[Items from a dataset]
- - -

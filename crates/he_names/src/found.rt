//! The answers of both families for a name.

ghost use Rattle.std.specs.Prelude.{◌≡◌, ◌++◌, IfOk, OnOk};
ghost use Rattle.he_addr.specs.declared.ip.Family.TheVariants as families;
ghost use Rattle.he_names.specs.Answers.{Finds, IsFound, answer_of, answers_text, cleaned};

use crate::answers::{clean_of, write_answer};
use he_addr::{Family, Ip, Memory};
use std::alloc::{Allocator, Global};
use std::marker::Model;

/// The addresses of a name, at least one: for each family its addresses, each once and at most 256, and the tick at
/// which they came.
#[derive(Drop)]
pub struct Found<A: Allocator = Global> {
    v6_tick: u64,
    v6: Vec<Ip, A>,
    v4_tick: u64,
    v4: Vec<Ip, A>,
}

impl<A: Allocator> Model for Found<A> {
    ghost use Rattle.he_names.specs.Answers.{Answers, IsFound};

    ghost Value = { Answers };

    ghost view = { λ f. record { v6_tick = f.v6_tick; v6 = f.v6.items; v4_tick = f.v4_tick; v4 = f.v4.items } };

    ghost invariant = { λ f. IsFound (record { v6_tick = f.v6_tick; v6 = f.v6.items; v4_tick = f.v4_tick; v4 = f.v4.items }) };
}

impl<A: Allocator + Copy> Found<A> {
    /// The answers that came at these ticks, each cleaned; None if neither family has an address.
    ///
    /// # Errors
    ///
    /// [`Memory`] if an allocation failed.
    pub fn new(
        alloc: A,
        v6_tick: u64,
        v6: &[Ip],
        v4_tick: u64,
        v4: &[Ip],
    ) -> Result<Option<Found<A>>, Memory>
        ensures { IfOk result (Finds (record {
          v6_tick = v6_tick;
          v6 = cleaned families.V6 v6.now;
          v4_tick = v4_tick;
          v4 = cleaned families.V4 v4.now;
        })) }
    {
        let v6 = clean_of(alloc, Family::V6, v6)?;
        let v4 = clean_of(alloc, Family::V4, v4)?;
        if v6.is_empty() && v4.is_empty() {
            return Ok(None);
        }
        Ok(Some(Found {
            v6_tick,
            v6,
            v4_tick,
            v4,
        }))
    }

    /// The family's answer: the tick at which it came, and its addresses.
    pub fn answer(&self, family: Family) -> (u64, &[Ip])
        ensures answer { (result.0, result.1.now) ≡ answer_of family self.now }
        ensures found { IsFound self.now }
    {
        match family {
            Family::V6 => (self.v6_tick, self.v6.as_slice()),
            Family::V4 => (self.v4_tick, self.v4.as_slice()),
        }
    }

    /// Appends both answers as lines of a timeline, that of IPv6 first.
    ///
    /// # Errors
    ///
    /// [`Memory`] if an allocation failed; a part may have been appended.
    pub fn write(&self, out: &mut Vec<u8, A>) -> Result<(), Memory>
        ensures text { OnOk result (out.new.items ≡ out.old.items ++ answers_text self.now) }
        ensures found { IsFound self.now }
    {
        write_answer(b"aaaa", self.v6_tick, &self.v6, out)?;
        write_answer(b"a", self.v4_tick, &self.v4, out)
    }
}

- - -

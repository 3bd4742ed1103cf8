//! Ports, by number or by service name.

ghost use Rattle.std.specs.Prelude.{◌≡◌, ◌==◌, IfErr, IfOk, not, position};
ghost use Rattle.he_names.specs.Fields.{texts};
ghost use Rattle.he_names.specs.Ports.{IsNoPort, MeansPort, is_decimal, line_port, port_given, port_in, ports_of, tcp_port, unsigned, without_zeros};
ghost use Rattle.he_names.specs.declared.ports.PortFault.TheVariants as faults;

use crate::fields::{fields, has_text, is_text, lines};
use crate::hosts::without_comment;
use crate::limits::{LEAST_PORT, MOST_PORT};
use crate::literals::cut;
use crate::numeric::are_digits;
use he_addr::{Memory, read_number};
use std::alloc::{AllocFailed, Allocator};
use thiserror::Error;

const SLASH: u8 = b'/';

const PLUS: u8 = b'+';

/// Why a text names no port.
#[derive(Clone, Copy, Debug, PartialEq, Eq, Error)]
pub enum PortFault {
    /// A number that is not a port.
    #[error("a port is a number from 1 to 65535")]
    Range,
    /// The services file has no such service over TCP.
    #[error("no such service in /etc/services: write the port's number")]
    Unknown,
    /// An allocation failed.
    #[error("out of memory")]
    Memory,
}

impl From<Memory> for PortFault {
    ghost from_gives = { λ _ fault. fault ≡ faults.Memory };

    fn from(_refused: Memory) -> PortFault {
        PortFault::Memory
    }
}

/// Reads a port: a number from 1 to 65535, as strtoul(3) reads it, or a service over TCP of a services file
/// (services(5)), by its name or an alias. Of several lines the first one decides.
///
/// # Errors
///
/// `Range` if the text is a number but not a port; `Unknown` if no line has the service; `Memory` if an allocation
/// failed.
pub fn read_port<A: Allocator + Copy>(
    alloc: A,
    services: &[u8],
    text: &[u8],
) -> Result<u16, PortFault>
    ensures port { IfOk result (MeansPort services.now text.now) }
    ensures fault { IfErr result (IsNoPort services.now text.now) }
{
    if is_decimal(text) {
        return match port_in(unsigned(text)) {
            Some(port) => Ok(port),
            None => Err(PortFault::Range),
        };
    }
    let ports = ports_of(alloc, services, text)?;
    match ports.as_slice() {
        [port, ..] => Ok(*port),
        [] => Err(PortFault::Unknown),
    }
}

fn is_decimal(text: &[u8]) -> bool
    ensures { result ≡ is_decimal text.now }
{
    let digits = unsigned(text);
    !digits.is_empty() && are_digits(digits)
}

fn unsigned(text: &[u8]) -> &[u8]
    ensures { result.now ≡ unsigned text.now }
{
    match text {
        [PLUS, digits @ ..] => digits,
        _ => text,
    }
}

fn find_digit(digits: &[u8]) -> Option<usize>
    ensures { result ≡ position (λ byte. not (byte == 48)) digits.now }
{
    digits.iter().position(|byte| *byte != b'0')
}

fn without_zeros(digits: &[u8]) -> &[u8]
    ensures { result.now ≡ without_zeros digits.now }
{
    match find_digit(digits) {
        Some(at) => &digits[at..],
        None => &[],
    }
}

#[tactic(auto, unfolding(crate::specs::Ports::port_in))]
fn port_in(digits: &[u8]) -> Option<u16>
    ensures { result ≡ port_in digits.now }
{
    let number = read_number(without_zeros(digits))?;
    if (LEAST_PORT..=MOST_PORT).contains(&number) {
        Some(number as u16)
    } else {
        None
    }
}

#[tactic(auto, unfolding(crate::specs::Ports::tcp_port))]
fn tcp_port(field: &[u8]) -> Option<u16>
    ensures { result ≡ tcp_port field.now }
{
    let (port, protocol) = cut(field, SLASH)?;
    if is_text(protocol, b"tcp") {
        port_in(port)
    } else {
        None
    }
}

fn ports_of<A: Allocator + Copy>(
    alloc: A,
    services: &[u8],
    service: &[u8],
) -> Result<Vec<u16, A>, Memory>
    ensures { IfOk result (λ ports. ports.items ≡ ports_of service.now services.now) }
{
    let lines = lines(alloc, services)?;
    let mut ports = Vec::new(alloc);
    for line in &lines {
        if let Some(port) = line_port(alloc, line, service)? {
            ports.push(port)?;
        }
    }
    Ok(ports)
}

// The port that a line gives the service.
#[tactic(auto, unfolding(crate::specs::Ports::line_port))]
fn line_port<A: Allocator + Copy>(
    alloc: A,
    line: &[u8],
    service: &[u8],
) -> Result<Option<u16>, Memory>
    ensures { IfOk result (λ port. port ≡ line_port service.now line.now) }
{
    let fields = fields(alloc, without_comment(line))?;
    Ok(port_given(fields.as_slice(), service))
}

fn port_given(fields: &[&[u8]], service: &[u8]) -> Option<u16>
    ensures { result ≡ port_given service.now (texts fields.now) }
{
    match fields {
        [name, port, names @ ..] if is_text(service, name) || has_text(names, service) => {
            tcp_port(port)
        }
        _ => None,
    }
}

- - -

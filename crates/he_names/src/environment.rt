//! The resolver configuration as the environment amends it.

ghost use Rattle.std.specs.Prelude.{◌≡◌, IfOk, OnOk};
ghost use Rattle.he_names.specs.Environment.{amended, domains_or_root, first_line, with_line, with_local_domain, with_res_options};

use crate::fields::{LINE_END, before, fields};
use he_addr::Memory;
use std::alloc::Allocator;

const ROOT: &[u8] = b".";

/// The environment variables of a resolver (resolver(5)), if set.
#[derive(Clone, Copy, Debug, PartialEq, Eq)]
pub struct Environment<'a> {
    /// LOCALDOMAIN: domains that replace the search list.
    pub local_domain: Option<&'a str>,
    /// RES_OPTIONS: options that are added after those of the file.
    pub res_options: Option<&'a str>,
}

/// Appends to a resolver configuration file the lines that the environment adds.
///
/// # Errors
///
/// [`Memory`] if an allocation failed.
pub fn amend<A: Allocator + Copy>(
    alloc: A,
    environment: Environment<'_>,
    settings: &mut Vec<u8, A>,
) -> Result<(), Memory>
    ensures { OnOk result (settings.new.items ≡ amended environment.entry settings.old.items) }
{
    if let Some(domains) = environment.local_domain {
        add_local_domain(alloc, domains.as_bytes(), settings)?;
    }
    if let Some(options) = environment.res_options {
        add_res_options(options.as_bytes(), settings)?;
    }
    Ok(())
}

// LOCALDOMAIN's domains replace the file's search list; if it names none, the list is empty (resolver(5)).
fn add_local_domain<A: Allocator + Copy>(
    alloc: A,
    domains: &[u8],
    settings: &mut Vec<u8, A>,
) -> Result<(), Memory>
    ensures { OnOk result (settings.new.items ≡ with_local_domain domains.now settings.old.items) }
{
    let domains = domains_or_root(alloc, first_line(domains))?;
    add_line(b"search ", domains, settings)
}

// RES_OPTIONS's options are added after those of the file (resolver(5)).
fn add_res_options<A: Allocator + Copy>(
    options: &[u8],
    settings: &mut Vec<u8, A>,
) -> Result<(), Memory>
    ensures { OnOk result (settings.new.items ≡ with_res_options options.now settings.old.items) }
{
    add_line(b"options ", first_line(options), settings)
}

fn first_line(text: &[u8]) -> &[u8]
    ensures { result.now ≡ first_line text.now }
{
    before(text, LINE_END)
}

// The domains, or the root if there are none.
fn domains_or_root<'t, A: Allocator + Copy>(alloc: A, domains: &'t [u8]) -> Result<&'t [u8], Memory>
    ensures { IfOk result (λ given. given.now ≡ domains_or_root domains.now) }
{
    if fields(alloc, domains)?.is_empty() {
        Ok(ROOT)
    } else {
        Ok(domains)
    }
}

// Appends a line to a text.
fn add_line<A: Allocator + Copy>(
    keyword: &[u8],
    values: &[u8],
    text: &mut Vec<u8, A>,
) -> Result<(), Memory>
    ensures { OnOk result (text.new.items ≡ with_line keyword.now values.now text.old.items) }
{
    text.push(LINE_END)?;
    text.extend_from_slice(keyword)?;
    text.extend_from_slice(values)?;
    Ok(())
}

- - -

• _Instructions for the task_
A single number is the expected answer: how many lines of the records above contain the word "Finds".

• _Result_
2